The EU’s path to recovery from the economic effects of Covid-19 has been set back by the pandemic’s second wave and it will take at least two years for the bloc’s economy to return to pre-pandemic levels, Brussels has warned.
The recovery from the EU’s deepest downturn in history will be slower than previously expected, according to new forecasts published by the European Commission on Thursday, as the resurgence in the virus has forced most member states to impose fresh restrictions on activity in recent weeks.
The commission expects a contraction of 7.4 per cent in the EU economy this year, unchanged from its previous forecast, but it downgraded its expectation for the recovery in 2021 by 2 percentage points from the 6.1 per cent expansion it forecast in May, to 4.1 per cent.
Paolo Gentiloni, EU economy commissioner, said the economy’s “very strong rebound” this summer had been “interrupted” by the resurgence of the virus as many businesses across Europe were forced to shutter again.
“Growth will return in 2021 but it will be two years until the European economy comes close to regaining its pre-pandemic level,” said Mr Gentiloni. “Growth will stall in the fourth quarter and pick up in the first part of 2021.”
The forecasts came as separate data showed that eurozone retail sales fell 2 per cent in September compared with the previous month, the biggest drop since much of the region was under lockdown in April.
The steeper than expected drop came before the new lockdowns were imposed, suggesting the bloc’s economy was already losing steam before the fresh economic hit.
The biggest falls were in textiles, clothing and footwear and mail order and internet sales, both of which were down more than 5 per cent. The countries with the biggest declines were Belgium, France and Germany.
Meanwhile German industrial orders grew 0.5 per cent in September, a smaller increase than most economists had expected but a sign of the resilience of Europe’s manufacturing sector in comparison with the larger services sector, which has been worse hit by the pandemic’s effects.
Spain is set to suffer the worst downturn of any member state this year, the commission expects, with output crashing 12.4 per cent. Italy will suffer a 9.9 per cent contraction, and Croatia will also be badly hit at 9.6 per cent. France is expected to suffer a 9.4 per cent fall in output, with Germany at 5.6 per cent and Ireland experiencing the least severe downturn in the EU at 2.3 per cent.
Brussels’ forecast is based on the assumption that some degree of containment measures will remain in place until 2022, Mr Gentiloni said.
The commission warned that its projection was subject to “exceptionally large” risks because of the development of the global health crisis.

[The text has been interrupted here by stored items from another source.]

//! The command as `clap` builds it.
ghost use Rattle.std.specs.Prelude.{◌≡◌, [], IfOk, false, map, pos};
ghost use Rattle.clap.specs.Words.{app_of, with_rule};
ghost use Rattle.clap.specs.declared.builder.command.Command.TheViews.{out-Command as fields_of};
ghost use Rattle.clap.specs.declared.builder.value_parser.ValueParser.TheVariants as vp;
ghost use Rattle.command_line.specs.Command.{command_named, flag, make_command, number_argument, number_option, number_row, poolhost_command, run_command, with_rules};

use clap::builder::ValueParser;
use clap::{Arg, ArgAction, Command};
use std::alloc::{AllocError, Global};

// The parser of the numbers from `least` to `most`.
fn number_from_to<'a>(least: u32, most: u32) -> ValueParser<'a>
    ensures { result ≡ vp.Signed (pos least) (pos most) }
{
    clap::value_parser!(u32).range(least as i64..=most as i64)
}

// The command with one more option, whose number lies in a range.
fn with_number<'a>(
    alloc: Global,
    command: Command<'a>,
    name: &'a str,
    least: u32,
    most: u32,
    default: &'a str,
) -> Result<Command<'a>, AllocError>
    requires { (fields_of command).has_globals ≡ false }
    ensures app { IfOk result (λ r. app_of r
        ≡ with_rule (app_of command.entry)
        (number_option name.entry.now least most default.entry.now)) }
    ensures local { IfOk result (λ r. (fields_of r).has_globals ≡ false) }
{
    let option = Arg::new(alloc, name)
        .long(name)
        .action(ArgAction::Set)
        .value_parser(number_from_to(least, most))
        .default_value(default);
    command.arg(option)
}

// The command with an option for each row, which has its name, the least and the most of its numbers, and its default.
fn with_numbers<'a>(
    alloc: Global,
    command: Command<'a>,
    rows: &[(&'a str, u32, u32, &'a str)],
) -> Result<Command<'a>, AllocError>
    requires { (fields_of command).has_globals ≡ false }
    ensures app { IfOk result (λ r. app_of r ≡ with_rules (app_of command.entry) (map number_row rows.now)) }
    ensures local { IfOk result (λ r. (fields_of r).has_globals ≡ false) }
{
    let mut with_rows = command;
    for row in rows {
        let (name, least, most, default) = *row;
        with_rows = with_number(alloc, with_rows, name, least, most, default)?;
    }
    Ok(with_rows)
}

// The command with a flag.
fn with_flag<'a>(
    alloc: Global,
    command: Command<'a>,
    name: &'a str,
) -> Result<Command<'a>, AllocError>
    requires { (fields_of command).has_globals ≡ false }
    ensures app { IfOk result (λ r. app_of r ≡ with_rule (app_of command.entry) (flag name.entry.now)) }
    ensures local { IfOk result (λ r. (fields_of r).has_globals ≡ false) }
{
    let option = Arg::new(alloc, name).long(name).action(ArgAction::SetTrue);
    command.arg(option)
}

// The command with one more number, which must be given in its place among the words.
fn with_argument<'a>(
    alloc: Global,
    command: Command<'a>,
    name: &'a str,
    parser: ValueParser<'a>,
) -> Result<Command<'a>, AllocError>
    requires { (fields_of command).has_globals ≡ false }
    ensures app { IfOk result (λ r. app_of r
        ≡ with_rule (app_of command.entry) (number_argument name.entry.now parser.entry)) }
    ensures local { IfOk result (λ r. (fields_of r).has_globals ≡ false) }
{
    let argument = Arg::new(alloc, name)
        .required(true)
        .action(ArgAction::Set)
        .value_parser(parser);
    command.arg(argument)
}

// The command of this name, with no help and no rule yet.
fn command_named<'a>(alloc: Global, name: &'a str) -> Command<'a>
    ensures app { app_of result ≡ command_named name.entry.now [] }
    ensures local { (fields_of result).has_globals ≡ false }
{
    Command::new(alloc, name).disable_help_flag(true)
}

// `run`, with its options and its flag.
fn run_command<'a>(alloc: Global) -> Result<Command<'a>, AllocError>
    ensures app { IfOk result (λ r. app_of r ≡ run_command) }
    ensures local { IfOk result (λ r. (fields_of r).has_globals ≡ false) }
{
    let options = [
        ("workers", 1, 16, "1"),
        ("instances", 1, 1_024, "4"),
        ("memories", 1, 1_024, "4"),
        ("tables", 1, 1_024, "4"),
        ("warm", 0, 1_024, "2"),
        ("batch", 1, 1_024, "4"),
        ("pages", 1, 256, "32"),
        ("elements", 0, 65536, "1024"),
        ("depth", 1, 1000, "128"),
        ("frame", 1, 4096, "1024"),
        ("slice", 0, u32::MAX, "0"),
    ];
    let run = with_numbers(alloc, command_named(alloc, "run"), &options)?;
    with_flag(alloc, run, "summary")
}

// `make`, with its arguments.
fn make_command<'a>(alloc: Global) -> Result<Command<'a>, AllocError>
    ensures app { IfOk result (λ r. app_of r ≡ make_command) }
    ensures local { IfOk result (λ r. (fields_of r).has_globals ≡ false) }
{
    let empty = command_named(alloc, "make");
    let seed = with_argument(alloc, empty, "seed", ValueParser::unsigned(0, u64::MAX))?;
    with_argument(alloc, seed, "count", number_from_to(1, 100_000))
}

// `poolhost`, with its subcommands.
pub(crate) fn poolhost_command<'a>(alloc: Global) -> Result<Command<'a>, AllocError>
    ensures app { IfOk result (λ r. app_of r ≡ poolhost_command) }
    ensures local { IfOk result (λ r. (fields_of r).has_globals ≡ false) }
{
    let run = run_command(alloc)?;
    let with_run = command_named(alloc, "poolhost")
        .disable_help_subcommand(true)
        .subcommand_required(true)
        .subcommand(run)?;
    let make = make_command(alloc)?;
    with_run.subcommand(make)
}
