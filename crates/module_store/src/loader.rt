//! Loading: a module from its bytes, with its image.
ghost use Rattle.std.specs.Prelude.{◌≡◌, ◌≢◌, Ok, IfErr, IfOk};
ghost use Rattle.wasm_types.specs.Tree.{module_tree};
ghost use Rattle.wasm_spec.specs.Loading.{Loads};
ghost use Rattle.initial_image.specs.Image.{IsImageOf};
ghost use Rattle.pool_limits.specs.Limits.{load_limits};
ghost use Rattle.module_store.specs.Faults.{IsRefusal};
ghost use Rattle.module_store.specs.declared.fault.LoadFault.TheVariants as fault;

use crate::fault::LoadFault;
use initial_image::{Image, build};
use pool_limits::PoolConfig;
use std::alloc::Global;
use wasm_decode::decode;
use wasm_validate::{Valid, validate};
use wasm_values::Profile;

// The module that the bytes spell in a profile, where it is supported, valid and within the limits, and its image. `TooMany` is
// no answer.
pub(crate) fn load(
    alloc: Global,
    config: &PoolConfig,
    profile: Profile,
    bytes: &[u8],
) -> Result<(Valid, Image), LoadFault>
    ensures loaded { IfOk result (λ l. Loads profile bytes.now (load_limits config.now) (Ok (module_tree l.0))) }
    ensures image { IfOk result (λ l. IsImageOf (module_tree l.0) l.1) }
    ensures refused { IfErr result (IsRefusal profile bytes.now (load_limits config.now)) }
    ensures counted { IfErr result (λ e. e ≢ fault.TooMany) }
{
    let module = decode(alloc, profile, bytes)?;
    let valid = validate(alloc, profile, module)?;
    config.check(&valid)?;
    let image = build(alloc, &valid)?;
    Ok((valid, image))
}
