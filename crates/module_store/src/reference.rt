//! References to modules of a store.
ghost use Rattle.std.specs.Prelude.{◌≡◌, ◌<◌};

use crate::desk::MOST_MODULES;
use crate::naming::Naming;
use boxcar::Pushed;
use initial_image::Image;
use std::marker::{Model, PhantomData};
use wasm_validate::Valid;

// A module as it lies in the store.
pub(crate) struct Stored {
    pub tag: u32,
    pub valid: Valid,
    pub image: Image,
}

impl Drop for Stored {
    fn drop(self) {
        let Stored {
            tag: _,
            valid: _,
            image: _,
        } = self;
    }
}

/// A module of the store. Contracts see its number, its tag, its tree and the code by which it is run.
pub struct ModuleRef<N: Naming> {
    pub(crate) tag: u32,
    pub(crate) seen: Pushed<Box<Stored>>,
    pub(crate) of: PhantomData<N>,
}

impl<N: Naming> Model for ModuleRef<N> {
    ghost use Rattle.pool_model.specs.Contents.{Named};
    ghost use Rattle.pool_model.specs.Codes.{coded_named};

    ghost Value = { Named };

    ghost coded = { coded_named };

    ghost use Rattle.boxcar.specs.Table.{Shows};
    ghost use Rattle.wasm_types.specs.Tree.{module_tree};
    ghost use Rattle.module_store.specs.Modules.{IsKeptModule};

    ghost view = { λ r. record { number = r.seen.index; tag = r.tag; tree = module_tree r.seen.value.value.valid; code = r.seen.value.value.valid } };

    ghost invariant = { λ r. Shows N.shelves r.seen × IsKeptModule N.config N.most r.tag r.seen.value.value };
}

impl<N: Naming> Drop for ModuleRef<N> {
    fn drop(self) {
        let ModuleRef {
            tag: _,
            seen: _,
            of: _,
        } = self;
    }
}

impl<N: Naming> ModuleRef<N> {
    /// The module's number: its place in the store. Takes no memory.
    pub fn number(&self) -> usize
        ensures { result ≡ self.now.number }
    {
        self.seen.index()
    }

    /// How many modules the desk had registered before it. Takes no memory.
    pub fn tag(&self) -> u32
        ensures tag { result ≡ self.now.tag }
        ensures within { result < N.most }
        ensures small { result < MOST_MODULES }
    {
        self.tag
    }

    /// Another reference to the same module. Takes no memory.
    pub fn again(&self) -> ModuleRef<N>
        ensures { result ≡ self.now }
    {
        ModuleRef {
            tag: self.tag,
            seen: self.seen.again(),
            of: PhantomData,
        }
    }
}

A worsening of the pandemic could lead “to a more severe and longer lasting impact on the economy”, it said.
“There is also a risk that the scars left by the pandemic on the economy — such as bankruptcies, long-term unemployment and supply disruptions — could be deeper and farther reaching,” said the forecast.
Mr Gentiloni urged EU countries to maintain exceptional levels of fiscal support, even though this will significantly increase government debt levels. Italy will reach a public debt-to-GDP ratio of 159 per cent in the next two years, the commission forecasts; on average the eurozone will top 100 per cent until at least 2022.
The EU is still negotiating a final deal on its €750bn recovery fund which is not expected to start disbursing money to stricken economies until later this year. Mr Gentiloni said the forecast did not include the fiscal impact of the fund, which is made up of grants and loans.
The commission expects that once it is up and running, the fund’s stimulus effect could increase EU GDP by up to 2 per cent in the years when it is active.